DATA SECTION -
+-------+
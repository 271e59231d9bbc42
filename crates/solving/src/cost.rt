// The cost of a plan.
ghost use Rattle.std.specs.Prelude.{◌≡◌, pos, ◌*ℤ◌, length};
ghost use Rattle.transport.specs.Lists.{at, at_z, sum_z};
ghost use Rattle.solving.specs.Cost.{Summable};

// The sum of quantity times cost, over the lanes that have a cost.
pub fn plan_cost(plan: &[u64], cost: &[i64]) -> i64
    requires { Summable plan.now cost.now }
    ensures { result ≡ sum_z (length cost.now) (λ l. pos (at plan.now l) *ℤ at_z cost.now l) }
{
    let mut sum: i64 = 0;
    for l in 0..cost.len() {
        sum += plan[l] as i64 * cost[l];
    }
    sum
}
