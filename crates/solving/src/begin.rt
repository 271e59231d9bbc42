// The first tableau of a sheet, dealt and laid out.
ghost use Rattle.std.specs.Prelude.{List, ℤ};
ghost use Rattle.transport.specs.Sheet.{sheet_of};
ghost use Rattle.transport.specs.Parties.{problem_of};
ghost use Rattle.transport.specs.Tableau.{start};
ghost use Rattle.transport.specs.Statements.{Accepted};
ghost use Rattle.parties.specs.Parties.{PartiesOf};
ghost use Rattle.tree.specs.Basis.{SameCuts};
ghost use Rattle.board.specs.Held.{Empty};
ghost use Rattle.loading.specs.Loading.{Admitted};
ghost use Rattle.solving.specs.First.{Dealt};

use board::Board;
use board::spread::lay_out;
use cost_grid::spread_costs;
use dealing::corner::first_tableau;
use parties::{Parties, number_parties};
use transport::Tableau;
use tree::{LANES, Price};

// The parties of a sheet, and the first tableau of those left.
#[derive(Clone, Copy)]
pub struct First {
    pub parties: Parties,
    pub tableau: Tableau,
}

// Of a sheet that passed its check: numbers the parties, and deals the first tableau of those left.
// Costs play no part.
pub fn deal_sheet(supply: &[u64], demand: &[u64]) -> First
    requires { (cost : List ℤ) × Accepted (sheet_of supply.now demand.now cost) }
    ensures { (cost : List ℤ) → Accepted (sheet_of supply.now demand.now cost)
        → Dealt (sheet_of supply.now demand.now cost) result.parties result.tableau }
{
    let parties = number_parties(supply, demand);
    let tableau = first_tableau(parties.supplies(), parties.demands());
    First { parties, tableau }
}

// Lays out the first tableau of a sheet that passed its check on a board that holds no amount yet,
// with the costs of its lanes by column.
pub fn begin_sheet(
    supply: &[u64],
    demand: &[u64],
    cost: &[i64],
    board: &mut Board,
    spread: &mut [Price; LANES],
) -> Parties
    requires accepted { Accepted (sheet_of supply.now demand.now cost.now) }
    requires empty { Empty board.old.amounts.q board.old.amounts.e }
    ensures admitted { let S = sheet_of supply.now demand.now cost.now in
        Admitted S (start (problem_of S)) result board.new spread.new }
    ensures parties { PartiesOf (sheet_of supply.now demand.now cost.now) result }
    ensures same_cuts { SameCuts board.old.basis board.new.basis }
{
    let first = deal_sheet(supply, demand);
    let parties = first.parties;
    spread_costs(
        cost,
        demand.len(),
        parties.row_numbers(),
        parties.cafe_numbers(),
        spread,
    );
    lay_out(first.tableau, parties.rows, parties.columns, board);
    parties
}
+-------+
PROBLEM STATEMENT - What lines in the listing above hold the string "left"? List them.

SOLUTION -
// The parties of a sheet, and the first tableau of those left.
// Of a sheet that passed its check: numbers the parties, and deals the first tableau of those left.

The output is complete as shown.